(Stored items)
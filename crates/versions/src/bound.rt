//! The roots of new maps, and what one asks of a map by its root.
ghost use Rattle.std.specs.Prelude.{◌≡◌, ◌↔◌, ◌+◌, ◌<◌, ◌≤◌, List, [], map, IfOk, IfErr, OnOk, OnErr, IsTrue, length, option_copied};
ghost use Rattle.std.specs.FinMap.{find, put};
ghost use Rattle.elem_core.specs.declared.codes.TheConstants.{LEVELS};
ghost use Rattle.node_heap.specs.Heap.{hold_count, quarter_holds, HasSpares};
ghost use Rattle.versions.specs.Roots.{Makes};
ghost use Rattle.versions.specs.Keyed.{alike};
ghost use Rattle.versions.specs.Sorted.{remove_entry};
ghost use Rattle.versions.specs.Bound.{IsKeyMap};

use crate::piece::{KeyOf, Piece};
use champ_kinds::{INSERT_NODES, Map, MapRef, map_insert_there, map_remove};
use champ_trie::look_up;
use elem_core::{CODE_BITS, Element, NoMemory, Probe};
use node_heap::{Heap, Link};

// The map without keys, of a node that is there.
pub(crate) fn no_entries<K: Element, V: Ord + Drop>(heap: &mut Heap<Piece<K, V>>) -> Link
    requires spares { HasSpares heap.old 0 1 }
    requires few { hold_count heap.old < quarter_holds }
    ensures { Makes (IsKeyMap K.cmp V.cmp K.code_of) heap.old heap.new result [] }
{
    match Map::empty(heap, CODE_BITS) {
        Ok(map) => map.into_root(),
        Err(_) => unreachable!(),
    }
}

// The same map once more.
pub(crate) fn same_entries<K: Element, V: Ord + Drop>(
    heap: &mut Heap<Piece<K, V>>,
    root: Link,
) -> Link
    requires map { (es : List (K × V)) × IsKeyMap K.cmp V.cmp K.code_of heap.old root es }
    requires few { hold_count heap.old < quarter_holds }
    ensures makes { (es : List (K × V)) → IsKeyMap K.cmp V.cmp K.code_of heap.old root es →
        Makes (IsKeyMap K.cmp V.cmp K.code_of) heap.old heap.new result es }
    ensures rows { heap.new.made ≤ heap.old.made }
{
    heap.hold(root);
    root
}

// The map with the value at the key. Err gives both back where memory runs out.
pub(crate) fn with_entry<K: Element, V: Ord + Drop>(
    heap: &mut Heap<Piece<K, V>>,
    root: Link,
    key: K,
    value: V,
) -> Result<Link, (K, V)>
    requires map { (es : List (K × V)) × IsKeyMap K.cmp V.cmp K.code_of heap.old root es }
    requires few { hold_count heap.old < quarter_holds }
    ensures made { (es : List (K × V)) → IsKeyMap K.cmp V.cmp K.code_of heap.old root es →
        IfOk result (λ l. Makes (IsKeyMap K.cmp V.cmp K.code_of) heap.old heap.new l (put K.cmp key value es)) }
    ensures back { IfErr result (λ entry. entry ≡ (key, value)) }
    ensures refused { OnErr result (heap.new ≡ heap.old) }
{
    let found = look_up(heap, root, &KeyOf(&key), CODE_BITS);
    // The value is put into a cell only where nothing is refused any more.
    if heap.reserve(2, found.alike + INSERT_NODES).is_err() {
        return Err((key, value));
    }
    let cell = heap.cell(Piece::Value(value));
    let map = MapRef::at(root, CODE_BITS);
    let made = map_insert_there(heap, map, found.entry, Piece::Key(key), cell);
    Ok(made.into_root())
}

// The map without the key. Err where memory runs out.
pub(crate) fn without_entry<K: Element, V: Ord + Drop, P: Probe<K>>(
    heap: &mut Heap<Piece<K, V>>,
    root: Link,
    key: &P,
) -> Result<Link, NoMemory>
    requires map { (es : List (K × V)) × IsKeyMap K.cmp V.cmp K.code_of heap.old root es }
    requires few { hold_count heap.old < quarter_holds }
    ensures made { (es : List (K × V)) → IsKeyMap K.cmp V.cmp K.code_of heap.old root es →
        IfOk result (λ l. Makes (IsKeyMap K.cmp V.cmp K.code_of) heap.old heap.new l (remove_entry K.cmp es (P.stands_for key.now))) }
    ensures rows { (es : List (K × V)) → IsKeyMap K.cmp V.cmp K.code_of heap.old root es →
        OnOk result (heap.new.made ≤ heap.old.made + (LEVELS + alike K.code_of (P.stands_for key.now) (map (λ e. e.0) es))) }
    ensures refused { OnErr result (heap.new ≡ heap.old) }
{
    match map_remove(heap, MapRef::at(root, CODE_BITS), &KeyOf(key))? {
        Some(map) => Ok(map.into_root()),
        None => Ok(same_entries(heap, root)),
    }
}

// The value that the map has at the key.
pub(crate) fn value_with<'h, K: Element, V: Ord + Drop, P: Probe<K>>(
    heap: &'h Heap<Piece<K, V>>,
    root: Link,
    key: &P,
) -> Option<&'h V>
    requires { (es : List (K × V)) × IsKeyMap K.cmp V.cmp K.code_of heap.now root es }
    ensures { (es : List (K × V)) → IsKeyMap K.cmp V.cmp K.code_of heap.now root es →
        option_copied result ≡ find K.cmp (P.stands_for key.now) es }
{
    let cell = MapRef::at(root, CODE_BITS).get(heap, &KeyOf(key))?;
    let piece = heap.value(cell)?;
    piece.as_value()
}

// How many keys the map has.
pub(crate) fn entry_count<K: Element, V: Ord + Drop>(heap: &Heap<Piece<K, V>>, root: Link) -> usize
    requires { (es : List (K × V)) × IsKeyMap K.cmp V.cmp K.code_of heap.now root es }
    ensures { (es : List (K × V)) → IsKeyMap K.cmp V.cmp K.code_of heap.now root es → result ≡ length es }
{
    MapRef::at(root, CODE_BITS).len(heap)
}

// Whether the map has no key.
pub(crate) fn has_no_entry<K: Element, V: Ord + Drop>(heap: &Heap<Piece<K, V>>, root: Link) -> bool
    requires { (es : List (K × V)) × IsKeyMap K.cmp V.cmp K.code_of heap.now root es }
    ensures { (es : List (K × V)) → IsKeyMap K.cmp V.cmp K.code_of heap.now root es → (IsTrue result ↔ (es ≡ [])) }
{
    let mut entries = MapRef::at(root, CODE_BITS).entries(heap);
    entries.next().is_none()
}
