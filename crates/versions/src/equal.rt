//! Whether sets and maps are equal, by their roots.
ghost use Rattle.std.specs.Prelude.{◌≡◌, ◌↔◌, ℕ, ◌+◌, ◌*◌, ◌<◌, ◌≤◌, List, length, IsTrue};
ghost use Rattle.std.specs.List.{AllZip};
ghost use Rattle.std.specs.declared.cmp.Ordering.TheVariants.{Equal};
ghost use Rattle.node_heap.specs.Heap.{form_at};
ghost use Rattle.same_value.specs.Apart.{HasApart};
ghost use Rattle.versions.specs.Sorted.{IsEqualEntry};
ghost use Rattle.versions.specs.Keyed.{IsKeySet};
ghost use Rattle.versions.specs.Bound.{IsKeyMap};

use crate::piece::Piece;
use champ_kinds::{MapRef, SetRef};
use elem_core::{CODE_BITS, Element};
use node_heap::{Glass, Heap, Link, Steps};
use same_value::{Values, equal_map, equal_set};
use std::marker::Brand;
use std::sync::ledger::{Blank, Ledger};

// Whether two sets have equal keys. It takes at most 204 steps for each row that the first has and the second doesn't share.
fn in_few_steps<K: Element, L: Ledger>(
    heap: &Heap<K>,
    left: Link,
    right: Link,
    steps: &mut Steps<L>,
) -> bool
    requires left { (ks : List K) × IsKeySet K.cmp K.code_of heap.now left ks }
    requires right { (js : List K) × IsKeySet K.cmp K.code_of heap.now right js }
    ensures equal { (ks js : List K) → IsKeySet K.cmp K.code_of heap.now left ks → IsKeySet K.cmp K.code_of heap.now right js →
        (IsTrue result ↔ AllZip (λ x y. K.cmp x y ≡ Equal) ks js) }
    ensures few { (rows : List ℕ) → HasApart (form_at heap.now) left right rows → steps.new ≤ steps.old + 204 * length rows }
{
    let left = SetRef::at(left, CODE_BITS);
    let right = SetRef::at(right, CODE_BITS);
    equal_set(Glass::new(heap), left, right, steps)
}

// The same, with steps that are counted on a ledger of its own.
fn with_steps<K: Element, L: Ledger>(heap: &Heap<K>, left: Link, right: Link, blank: Blank) -> bool
    requires left { (ks : List K) × IsKeySet K.cmp K.code_of heap.now left ks }
    requires right { (js : List K) × IsKeySet K.cmp K.code_of heap.now right js }
    requires name { blank.name ≡ L.name }
    requires parts { blank.parts ≡ L.parts }
    requires some { 0 < L.parts }
    ensures { (ks js : List K) → IsKeySet K.cmp K.code_of heap.now left ks → IsKeySet K.cmp K.code_of heap.now right js →
        (IsTrue result ↔ AllZip (λ x y. K.cmp x y ≡ Equal) ks js) }
{
    let mut steps = Steps::<L>::new(blank);
    in_few_steps(heap, left, right, &mut steps)
}

// Whether two sets have equal keys. Nobody asks for the steps.
pub(crate) fn same_sets<K: Element>(heap: &Heap<K>, left: Link, right: Link) -> bool
    requires left { (ks : List K) × IsKeySet K.cmp K.code_of heap.now left ks }
    requires right { (js : List K) × IsKeySet K.cmp K.code_of heap.now right js }
    ensures { (ks js : List K) → IsKeySet K.cmp K.code_of heap.now left ks → IsKeySet K.cmp K.code_of heap.now right js →
        (IsTrue result ↔ AllZip (λ x y. K.cmp x y ≡ Equal) ks js) }
{
    with_steps::<K, Brand>(heap, left, right, Blank::new(1))
}

// Whether two maps have equal keys with equal values.
pub(crate) fn same_maps<K: Element, V: Ord + Drop>(
    heap: &Heap<Piece<K, V>>,
    left: Link,
    right: Link,
) -> bool
    requires left { (es : List (K × V)) × IsKeyMap K.cmp V.cmp K.code_of heap.now left es }
    requires right { (ds : List (K × V)) × IsKeyMap K.cmp V.cmp K.code_of heap.now right ds }
    ensures { (es ds : List (K × V)) → IsKeyMap K.cmp V.cmp K.code_of heap.now left es → IsKeyMap K.cmp V.cmp K.code_of heap.now right ds →
        (IsTrue result ↔ AllZip (IsEqualEntry K.cmp V.cmp) es ds) }
{
    let left = MapRef::at(left, CODE_BITS);
    let right = MapRef::at(right, CODE_BITS);
    equal_map(heap, left, right, Values::Cells)
}
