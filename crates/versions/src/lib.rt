//! Stores of versions that own their heap. A version is a small handle, and contracts see the value of each version that is
//! held: the lists of a `Lists`, the keys of the sets of a `Sets`, and the entries of the maps of a `Maps`.
//!
//! A call that changes makes a new version, or, of a call `_here`, edits a version itself; every other version is as it was.
#![tactic(auto)]

mod bound;
mod bound_here;
mod entries;
mod equal;
mod faults;
mod history;
mod in_place;
mod items;
mod keyed;
mod keyed_here;
mod keys;
mod limits;
mod lists;
mod making;
mod maps;
mod merging;
mod parts;
mod piece;
mod roots;
mod sets;

pub use entries::Entries;
pub use faults::{Fault, Refused};
pub use history::History;
pub use items::Items;
pub use keys::Keys;
pub use lists::Lists;
pub use maps::Maps;
pub use piece::Piece;
pub use roots::{Handles, MOST_VERSIONS, Version};
pub use sets::Sets;
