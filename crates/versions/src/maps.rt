//! A store of maps by their versions.
ghost use Rattle.std.specs.Prelude.{◌≡◌, ◌↔◌, ℕ, T, [], None, IfOk, IfErr, OnErr, IsTrue, length, is_some, option_copied, unwrap_or};
ghost use Rattle.std.specs.FinMap as map;
ghost use Rattle.std.specs.FinMap.{find, is_sorted, put};
ghost use Rattle.std.specs.List.{AllZip};
ghost use Rattle.champ_chain.specs.Entry.{SameSet};
ghost use Rattle.versions.specs.Store.{Holds};
ghost use Rattle.versions.specs.declared.faults.Fault.TheVariants.{Memory};
ghost use Rattle.versions.specs.Sorted.{IsEqualEntry, entries_of, map_both, map_less, map_union, remove_entry};

use crate::bound::{
    entry_count, has_no_entry, no_entries, same_entries, value_with, with_entry, without_entry,
};
use crate::bound_here::{bound_here, unbound_here};
use crate::entries::Entries;
use crate::equal::same_maps;
use crate::faults::Refused;
use crate::merging::{entries_of_both, entries_of_either, entries_of_first};
use crate::piece::Piece;
use crate::roots::{
    Handles, Version, forget, is_kept, keep, put as put_root, reserve, root_of, versions_of,
};
use elem_core::{Element, NoMemory, Probe};
use node_heap::{Heap, Link};
use slab::Slab;
use std::alloc::Global;
use std::marker::Model;

/// Maps by their versions. Contracts see a map as its entries by rising keys. Each version stays until it is forgotten, and
/// versions share what they have in common. A store that is dropped gives all of them back.
#[derive(Drop)]
pub struct Maps<K: Element, V: Ord + Drop> {
    pub(crate) heap: Heap<Piece<K, V>>,
    pub(crate) roots: Slab<Link>,
}

impl<K: Element, V: Ord + Drop> Model for Maps<K, V> {
    ghost use Rattle.std.specs.Ordering.{nat_cmp};
    ghost use Rattle.std.specs.Prelude.{List};
    ghost use Rattle.std.specs.Coded.{coded_ℕ, coded_list, coded×};
    ghost use Rattle.std.specs.FinMap as map;
    ghost use Rattle.versions.specs.Roots.{values_in, HasRoots};
    ghost use Rattle.versions.specs.Bound.{map_at, IsKeyMap};

    ghost Value = { map.FinMap nat_cmp (List (K × V)) };

    ghost coded = { map.code coded_ℕ (coded_list (coded× K.code V.code)) };

    ghost view = { λ s. values_in (map_at K.cmp) s.heap s.roots.slots };

    ghost invariant = { λ s. HasRoots (IsKeyMap K.cmp V.cmp K.code_of) (map_at K.cmp) s.heap s.roots.slots };
}

impl<K: Element, V: Ord + Drop> Maps<K, V> {
    /// A store without versions.
    pub fn new(alloc: Global) -> Maps<K, V>
        ensures { result ≡ map.empty }
    {
        Maps {
            heap: Heap::new(alloc),
            roots: Slab::new(alloc),
        }
    }

    /// The version without keys.
    pub fn empty(&mut self) -> Result<Version, NoMemory>
        ensures fresh { IfOk result (λ v. map.get self.old v ≡ None) }
        ensures made { IfOk result (λ v. self.new ≡ map.insert self.old v []) }
        ensures refused { OnErr result (self.new ≡ self.old) }
    {
        reserve(&mut self.heap, &mut self.roots, 0, 1)?;
        let root = no_entries(&mut self.heap);
        Ok(keep(&mut self.roots, root))
    }

    /// The same map as another version.
    pub fn copy(&mut self, version: Version) -> Result<Version, NoMemory>
        requires { Holds self.old version }
        ensures fresh { IfOk result (λ v. map.get self.old v ≡ None) }
        ensures made { IfOk result (λ v. self.new ≡ map.insert self.old v (entries_of self.old version)) }
        ensures refused { OnErr result (self.new ≡ self.old) }
    {
        let root = root_of(&self.roots, version);
        reserve(&mut self.heap, &mut self.roots, 0, 0)?;
        let root = same_entries(&mut self.heap, root);
        Ok(keep(&mut self.roots, root))
    }

    /// The version with the value at the key; an equal key that is there stays. The version itself stays. Refused only where
    /// memory runs out.
    pub fn insert(&mut self, version: Version, key: K, value: V) -> Result<Version, Refused<(K, V)>>
        requires { Holds self.old version }
        ensures fresh { IfOk result (λ v. map.get self.old v ≡ None) }
        ensures made { IfOk result (λ v. self.new ≡ map.insert self.old v (put K.cmp key value (entries_of self.old version))) }
        ensures refused { OnErr result (self.new ≡ self.old) }
        ensures given_back { IfErr result (λ r. r.element ≡ (key, value)) }
        ensures memory { IfErr result (λ r. r.fault ≡ Memory) }
    {
        let root = root_of(&self.roots, version);
        if reserve(&mut self.heap, &mut self.roots, 0, 0).is_err() {
            return Err(Refused::no_memory((key, value)));
        }
        match with_entry(&mut self.heap, root, key, value) {
            Ok(root) => Ok(keep(&mut self.roots, root)),
            Err(entry) => Err(Refused::no_memory(entry)),
        }
    }

    /// The version without the key. The version itself stays.
    pub fn remove<P: Probe<K>>(&mut self, version: Version, key: &P) -> Result<Version, NoMemory>
        requires { Holds self.old version }
        ensures fresh { IfOk result (λ v. map.get self.old v ≡ None) }
        ensures made { IfOk result (λ v. self.new ≡ map.insert self.old v (remove_entry K.cmp (entries_of self.old version) (P.stands_for key.now))) }
        ensures refused { OnErr result (self.new ≡ self.old) }
    {
        let root = root_of(&self.roots, version);
        reserve(&mut self.heap, &mut self.roots, 0, 0)?;
        let root = without_entry(&mut self.heap, root, key)?;
        Ok(keep(&mut self.roots, root))
    }

    /// The entries of either version, of two with equal keys the first's. Both versions stay.
    pub fn union(&mut self, first: Version, second: Version) -> Result<Version, NoMemory>
        requires first { Holds self.old first }
        requires second { Holds self.old second }
        ensures fresh { IfOk result (λ v. map.get self.old v ≡ None) }
        ensures made { IfOk result (λ v. self.new ≡ map.insert self.old v (map_union K.cmp (entries_of self.old first) (entries_of self.old second))) }
        ensures refused { OnErr result (self.new ≡ self.old) }
    {
        let first = root_of(&self.roots, first);
        let second = root_of(&self.roots, second);
        reserve(&mut self.heap, &mut self.roots, 0, 0)?;
        let root = entries_of_either(&mut self.heap, first, second)?;
        Ok(keep(&mut self.roots, root))
    }

    /// The entries of the first version whose keys the second has too. Both versions stay.
    pub fn both(&mut self, first: Version, second: Version) -> Result<Version, NoMemory>
        requires first { Holds self.old first }
        requires second { Holds self.old second }
        ensures fresh { IfOk result (λ v. map.get self.old v ≡ None) }
        ensures made { IfOk result (λ v. self.new ≡ map.insert self.old v (map_both K.cmp (entries_of self.old first) (entries_of self.old second))) }
        ensures refused { OnErr result (self.new ≡ self.old) }
    {
        let first = root_of(&self.roots, first);
        let second = root_of(&self.roots, second);
        reserve(&mut self.heap, &mut self.roots, 0, 0)?;
        let root = entries_of_both(&mut self.heap, first, second)?;
        Ok(keep(&mut self.roots, root))
    }

    /// The entries of the first version whose keys the second lacks. Both versions stay.
    pub fn less(&mut self, first: Version, second: Version) -> Result<Version, NoMemory>
        requires first { Holds self.old first }
        requires second { Holds self.old second }
        ensures fresh { IfOk result (λ v. map.get self.old v ≡ None) }
        ensures made { IfOk result (λ v. self.new ≡ map.insert self.old v (map_less K.cmp (entries_of self.old first) (entries_of self.old second))) }
        ensures refused { OnErr result (self.new ≡ self.old) }
    {
        let first = root_of(&self.roots, first);
        let second = root_of(&self.roots, second);
        reserve(&mut self.heap, &mut self.roots, 0, 0)?;
        let root = entries_of_first(&mut self.heap, first, second)?;
        Ok(keep(&mut self.roots, root))
    }

    /// Puts the value at the key of this version itself, in place where its rows are its own; an equal key that is there stays.
    /// Every other version stays. Refused only where memory runs out.
    pub fn insert_here(&mut self, version: Version, key: K, value: V) -> Result<(), Refused<(K, V)>>
        requires { Holds self.old version }
        ensures made { IfOk result (λ _. self.new ≡ map.insert self.old version (put K.cmp key value (entries_of self.old version))) }
        ensures refused { OnErr result (self.new ≡ self.old) }
        ensures given_back { IfErr result (λ r. r.element ≡ (key, value)) }
        ensures memory { IfErr result (λ r. r.fault ≡ Memory) }
    {
        let root = root_of(&self.roots, version);
        match bound_here(&mut self.heap, root, key, value) {
            Ok(root) => {
                put_root(&mut self.roots, version, root);
                Ok(())
            }
            Err(entry) => Err(Refused::no_memory(entry)),
        }
    }

    /// Takes the key out of this version itself, in place where its rows are its own. Every other version stays.
    pub fn remove_here<P: Probe<K>>(&mut self, version: Version, key: &P) -> Result<(), NoMemory>
        requires { Holds self.old version }
        ensures made { IfOk result (λ _. self.new ≡ map.insert self.old version (remove_entry K.cmp (entries_of self.old version) (P.stands_for key.now))) }
        ensures refused { OnErr result (self.new ≡ self.old) }
    {
        let root = root_of(&self.roots, version);
        let root = unbound_here(&mut self.heap, root, key)?;
        put_root(&mut self.roots, version, root);
        Ok(())
    }

    /// Forgets the version. Every other stays.
    pub fn forget(&mut self, version: Version)
        requires { Holds self.old version }
        ensures { self.new ≡ map.remove self.old version }
    {
        forget(&mut self.heap, &mut self.roots, version);
    }

    /// Whether the version is held.
    pub fn holds(&self, version: Version) -> bool
        ensures { IsTrue result ↔ Holds self.now version }
    {
        is_kept(&self.roots, version)
    }

    /// The versions that are held, by rising number. It takes no memory.
    pub fn versions(&self) -> Handles<'_>
        ensures { result ≡ map.keys self.now }
    {
        versions_of(&self.roots)
    }

    /// How many rows all versions have together: a row that several share counts once.
    pub fn rows(&self) -> usize
        ensures { self.now ≡ map.empty → result ≡ 0 }
    {
        self.heap.live()
    }

    /// The value at the key, and none where the key is absent.
    pub fn get<P: Probe<K>>(&self, version: Version, key: &P) -> Option<&V>
        requires { Holds self.now version }
        ensures { option_copied result ≡ find K.cmp (P.stands_for key.now) (entries_of self.now version) }
    {
        value_with(&self.heap, root_of(&self.roots, version), key)
    }

    /// The value at the key, and this one where the key is absent.
    pub fn get_or<'s, P: Probe<K>>(&'s self, version: Version, key: &P, absent: &'s V) -> &'s V
        requires { Holds self.now version }
        ensures { result.now ≡ unwrap_or (find K.cmp (P.stands_for key.now) (entries_of self.now version)) absent.now }
    {
        match self.get(version, key) {
            Some(value) => value,
            None => absent,
        }
    }

    /// Whether the version has the key.
    pub fn contains_key<P: Probe<K>>(&self, version: Version, key: &P) -> bool
        requires { Holds self.now version }
        ensures { result ≡ is_some (find K.cmp (P.stands_for key.now) (entries_of self.now version)) }
    {
        self.get(version, key).is_some()
    }

    /// Whether the version has no key.
    pub fn is_empty(&self, version: Version) -> bool
        requires { Holds self.now version }
        ensures { IsTrue result ↔ (entries_of self.now version ≡ []) }
    {
        has_no_entry(&self.heap, root_of(&self.roots, version))
    }

    /// How many keys the version has. It walks them all.
    pub fn len(&self, version: Version) -> usize
        requires { Holds self.now version }
        ensures { result ≡ length (entries_of self.now version) }
    {
        entry_count(&self.heap, root_of(&self.roots, version))
    }
    /// The keys of the version with their values, in the order of the trie's walk. It takes no memory.
    pub fn iter(&self, version: Version) -> Entries<'_, K, V>
        requires { Holds self.now version }
        ensures { SameSet result (entries_of self.now version) }
    {
        Entries::new(&self.heap, root_of(&self.roots, version))
    }

    /// Whether two versions have equal keys with equal values.
    pub fn same(&self, left: Version, right: Version) -> bool
        requires left { Holds self.now left }
        requires right { Holds self.now right }
        ensures { IsTrue result ↔ AllZip (IsEqualEntry K.cmp V.cmp) (entries_of self.now left) (entries_of self.now right) }
    {
        let left = root_of(&self.roots, left);
        let right = root_of(&self.roots, right);
        same_maps(&self.heap, left, right)
    }
    /// The keys of each version rise strictly, so that none stands twice: a law, for a proof that needs it. The call does
    /// nothing.
    pub fn keys_rise(&self)
        ensures { (v : ℕ) → T (is_sorted K.cmp (entries_of self.now v)) }
    {
        // A field that is read tells the proof what is true of all of them.
        let _ = &self.heap;
    }
}
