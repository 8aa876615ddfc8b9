//! The keys of a set, one by one.
ghost use Rattle.std.specs.Prelude.{List};
ghost use Rattle.std.specs.Iterator.{YieldsFirstRef, item_count};
ghost use Rattle.champ_chain.specs.Entry.{SameSet};
ghost use Rattle.versions.specs.Keyed.{IsKeySet};

use champ_kinds::{Entries, SetRef};
use elem_core::{CODE_BITS, Element};
use node_heap::{Heap, Link};
use std::marker::Model;

/// Goes over the keys of a version, in the order of the trie's walk. It takes no memory.
#[derive(Drop)]
pub struct Keys<'h, K> {
    heap: &'h Heap<K>,
    links: Entries<'h, K>,
}

impl<'h, K> Model for Keys<'h, K> {
    ghost use Rattle.std.specs.Prelude.{List, filter_map, IsSome};
    ghost use Rattle.std.specs.List.{All};
    ghost use Rattle.versions.specs.Rooted.{value_at};

    ghost Value = { List K };

    ghost view = { λ k. filter_map (value_at k.heap.now) k.links };

    ghost invariant = { λ k. All (λ l. IsSome (value_at k.heap.now l)) k.links };
}

impl<'h, K: Element> Keys<'h, K> {
    // The keys of the set with this root.
    pub(crate) fn new(heap: &'h Heap<K>, root: Link) -> Keys<'h, K>
        requires { (ks : List K) × IsKeySet K.cmp K.code_of heap.now root ks }
        ensures { (ks : List K) → IsKeySet K.cmp K.code_of heap.now root ks → SameSet result ks }
    {
        Keys {
            heap,
            links: SetRef::at(root, CODE_BITS).members(heap),
        }
    }
}

impl<'h, K> Iterator for Keys<'h, K> {
    type Item = &'h K;

    ghost next_gives = { YieldsFirstRef (λ x. x) };

    ghost remaining = { item_count (λ x. x) };

    fn next(&mut self) -> Option<&'h K> {
        let link = self.links.next()?;
        self.heap.value(link)
    }
}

- Activity
Determine the number of lines above that include the word "Prelude"; the reply is that number only.

- Response to the task
6